Top of SOURCE DATA
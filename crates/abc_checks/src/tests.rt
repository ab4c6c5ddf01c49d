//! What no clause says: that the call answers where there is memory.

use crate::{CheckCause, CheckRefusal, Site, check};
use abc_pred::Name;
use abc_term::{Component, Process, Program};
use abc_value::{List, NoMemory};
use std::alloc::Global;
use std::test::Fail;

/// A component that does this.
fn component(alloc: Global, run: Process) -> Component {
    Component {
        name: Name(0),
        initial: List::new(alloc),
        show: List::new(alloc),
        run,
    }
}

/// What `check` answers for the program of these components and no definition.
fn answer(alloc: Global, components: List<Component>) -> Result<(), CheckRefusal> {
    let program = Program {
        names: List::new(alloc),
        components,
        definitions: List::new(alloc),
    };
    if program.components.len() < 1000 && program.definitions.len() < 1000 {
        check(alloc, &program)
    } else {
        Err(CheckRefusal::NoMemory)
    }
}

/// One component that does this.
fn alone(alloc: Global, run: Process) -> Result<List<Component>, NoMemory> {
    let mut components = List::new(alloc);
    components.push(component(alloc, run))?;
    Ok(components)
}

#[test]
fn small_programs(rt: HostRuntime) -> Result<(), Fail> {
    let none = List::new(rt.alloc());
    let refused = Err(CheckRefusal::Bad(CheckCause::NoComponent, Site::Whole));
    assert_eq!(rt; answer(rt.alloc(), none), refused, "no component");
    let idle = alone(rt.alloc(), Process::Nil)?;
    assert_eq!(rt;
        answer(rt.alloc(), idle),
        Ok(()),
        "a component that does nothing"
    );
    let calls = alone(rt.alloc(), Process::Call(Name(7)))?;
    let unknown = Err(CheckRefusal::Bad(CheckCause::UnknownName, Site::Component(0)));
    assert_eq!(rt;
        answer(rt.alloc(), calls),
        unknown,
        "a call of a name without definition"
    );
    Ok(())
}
Bottom of SOURCE DATA
Top of SOURCE DATA
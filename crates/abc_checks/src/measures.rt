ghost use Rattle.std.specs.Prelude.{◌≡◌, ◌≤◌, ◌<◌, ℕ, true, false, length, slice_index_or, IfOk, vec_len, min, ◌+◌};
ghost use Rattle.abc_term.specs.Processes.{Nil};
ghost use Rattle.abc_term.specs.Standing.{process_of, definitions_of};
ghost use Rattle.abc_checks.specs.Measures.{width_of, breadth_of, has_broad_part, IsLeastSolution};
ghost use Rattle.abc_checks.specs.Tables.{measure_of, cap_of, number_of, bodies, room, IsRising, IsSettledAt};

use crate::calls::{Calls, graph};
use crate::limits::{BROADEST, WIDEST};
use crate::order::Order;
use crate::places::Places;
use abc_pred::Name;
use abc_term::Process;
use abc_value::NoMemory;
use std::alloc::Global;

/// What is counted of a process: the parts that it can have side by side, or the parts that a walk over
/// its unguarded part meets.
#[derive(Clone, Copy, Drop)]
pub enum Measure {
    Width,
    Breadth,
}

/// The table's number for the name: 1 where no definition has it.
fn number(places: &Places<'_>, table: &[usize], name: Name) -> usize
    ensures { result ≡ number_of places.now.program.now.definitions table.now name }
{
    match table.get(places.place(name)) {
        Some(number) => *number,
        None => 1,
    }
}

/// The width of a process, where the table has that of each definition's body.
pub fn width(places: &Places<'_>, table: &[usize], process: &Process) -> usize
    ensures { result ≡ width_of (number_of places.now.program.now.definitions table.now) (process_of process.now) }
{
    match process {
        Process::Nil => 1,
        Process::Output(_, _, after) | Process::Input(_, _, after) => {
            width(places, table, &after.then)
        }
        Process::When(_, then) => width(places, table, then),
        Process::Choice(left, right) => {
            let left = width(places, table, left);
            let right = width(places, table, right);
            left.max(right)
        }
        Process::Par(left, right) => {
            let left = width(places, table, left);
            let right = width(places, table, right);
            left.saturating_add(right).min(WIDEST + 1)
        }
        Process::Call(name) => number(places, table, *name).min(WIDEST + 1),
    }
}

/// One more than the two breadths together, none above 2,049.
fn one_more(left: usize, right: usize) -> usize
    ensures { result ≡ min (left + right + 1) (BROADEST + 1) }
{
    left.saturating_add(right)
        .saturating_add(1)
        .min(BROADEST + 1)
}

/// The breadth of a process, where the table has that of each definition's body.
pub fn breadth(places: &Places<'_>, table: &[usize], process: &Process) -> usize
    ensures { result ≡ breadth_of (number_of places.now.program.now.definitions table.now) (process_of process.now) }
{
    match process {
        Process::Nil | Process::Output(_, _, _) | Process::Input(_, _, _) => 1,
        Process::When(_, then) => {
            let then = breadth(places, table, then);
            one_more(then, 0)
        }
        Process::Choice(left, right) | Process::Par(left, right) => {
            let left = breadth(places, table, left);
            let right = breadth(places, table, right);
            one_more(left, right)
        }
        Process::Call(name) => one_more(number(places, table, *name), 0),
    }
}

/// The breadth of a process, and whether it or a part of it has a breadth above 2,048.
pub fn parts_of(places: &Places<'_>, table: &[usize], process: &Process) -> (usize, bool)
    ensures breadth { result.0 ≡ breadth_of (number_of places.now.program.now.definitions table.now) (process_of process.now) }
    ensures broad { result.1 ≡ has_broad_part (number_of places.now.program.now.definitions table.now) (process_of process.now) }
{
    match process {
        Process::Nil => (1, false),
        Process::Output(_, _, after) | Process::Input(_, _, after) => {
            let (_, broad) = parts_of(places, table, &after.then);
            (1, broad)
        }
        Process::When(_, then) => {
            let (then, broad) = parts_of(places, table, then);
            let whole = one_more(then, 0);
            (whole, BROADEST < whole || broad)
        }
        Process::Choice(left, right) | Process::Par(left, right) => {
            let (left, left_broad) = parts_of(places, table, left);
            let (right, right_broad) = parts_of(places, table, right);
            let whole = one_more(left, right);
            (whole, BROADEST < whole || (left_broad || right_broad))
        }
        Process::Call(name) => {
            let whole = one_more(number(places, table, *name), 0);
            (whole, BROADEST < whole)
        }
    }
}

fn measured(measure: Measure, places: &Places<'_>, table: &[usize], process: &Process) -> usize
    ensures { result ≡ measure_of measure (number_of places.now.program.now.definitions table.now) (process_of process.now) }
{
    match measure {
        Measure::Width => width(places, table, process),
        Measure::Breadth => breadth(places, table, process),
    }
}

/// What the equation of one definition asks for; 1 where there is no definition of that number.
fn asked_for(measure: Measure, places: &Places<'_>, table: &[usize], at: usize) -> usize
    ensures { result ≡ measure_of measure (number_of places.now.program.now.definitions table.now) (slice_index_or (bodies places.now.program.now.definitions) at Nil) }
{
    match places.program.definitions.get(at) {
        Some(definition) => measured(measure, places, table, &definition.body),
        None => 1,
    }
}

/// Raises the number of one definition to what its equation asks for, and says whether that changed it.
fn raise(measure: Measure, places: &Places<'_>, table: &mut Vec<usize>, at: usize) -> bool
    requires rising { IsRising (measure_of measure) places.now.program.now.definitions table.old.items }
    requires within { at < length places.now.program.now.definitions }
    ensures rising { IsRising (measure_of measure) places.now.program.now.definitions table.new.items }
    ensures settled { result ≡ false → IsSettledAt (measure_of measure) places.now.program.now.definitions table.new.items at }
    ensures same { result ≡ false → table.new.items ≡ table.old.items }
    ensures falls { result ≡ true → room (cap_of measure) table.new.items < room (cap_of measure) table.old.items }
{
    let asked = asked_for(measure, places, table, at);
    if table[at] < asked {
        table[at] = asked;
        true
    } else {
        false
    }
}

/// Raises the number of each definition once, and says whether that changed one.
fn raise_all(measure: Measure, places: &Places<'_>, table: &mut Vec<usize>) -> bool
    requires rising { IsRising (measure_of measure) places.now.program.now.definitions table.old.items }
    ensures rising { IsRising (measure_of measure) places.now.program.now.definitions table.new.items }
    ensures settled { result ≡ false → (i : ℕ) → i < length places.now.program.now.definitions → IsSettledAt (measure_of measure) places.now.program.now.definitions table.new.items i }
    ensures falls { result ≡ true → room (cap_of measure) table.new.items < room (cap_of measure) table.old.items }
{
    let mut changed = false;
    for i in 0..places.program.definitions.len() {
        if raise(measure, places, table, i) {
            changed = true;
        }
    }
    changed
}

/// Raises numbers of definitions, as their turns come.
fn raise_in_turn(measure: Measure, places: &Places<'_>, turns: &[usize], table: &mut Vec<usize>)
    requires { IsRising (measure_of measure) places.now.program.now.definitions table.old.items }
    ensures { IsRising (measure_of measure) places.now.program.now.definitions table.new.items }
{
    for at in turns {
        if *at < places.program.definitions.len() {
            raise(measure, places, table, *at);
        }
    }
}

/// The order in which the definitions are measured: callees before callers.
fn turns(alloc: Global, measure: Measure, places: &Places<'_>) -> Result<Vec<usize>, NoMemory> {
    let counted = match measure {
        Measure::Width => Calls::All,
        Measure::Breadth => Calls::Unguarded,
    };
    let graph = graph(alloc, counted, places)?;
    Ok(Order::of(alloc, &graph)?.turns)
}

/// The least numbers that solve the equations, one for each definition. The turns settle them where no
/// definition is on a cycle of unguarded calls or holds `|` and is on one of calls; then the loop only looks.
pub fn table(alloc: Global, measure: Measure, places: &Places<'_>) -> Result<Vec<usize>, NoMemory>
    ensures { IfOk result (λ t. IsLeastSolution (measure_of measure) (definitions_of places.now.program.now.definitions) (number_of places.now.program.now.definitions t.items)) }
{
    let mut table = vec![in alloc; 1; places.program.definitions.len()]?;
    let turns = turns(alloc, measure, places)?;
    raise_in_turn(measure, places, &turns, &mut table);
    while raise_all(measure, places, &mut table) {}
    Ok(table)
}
Bottom of SOURCE DATA
A single number is the answer: the number of lines in the entries that contain "asks".

2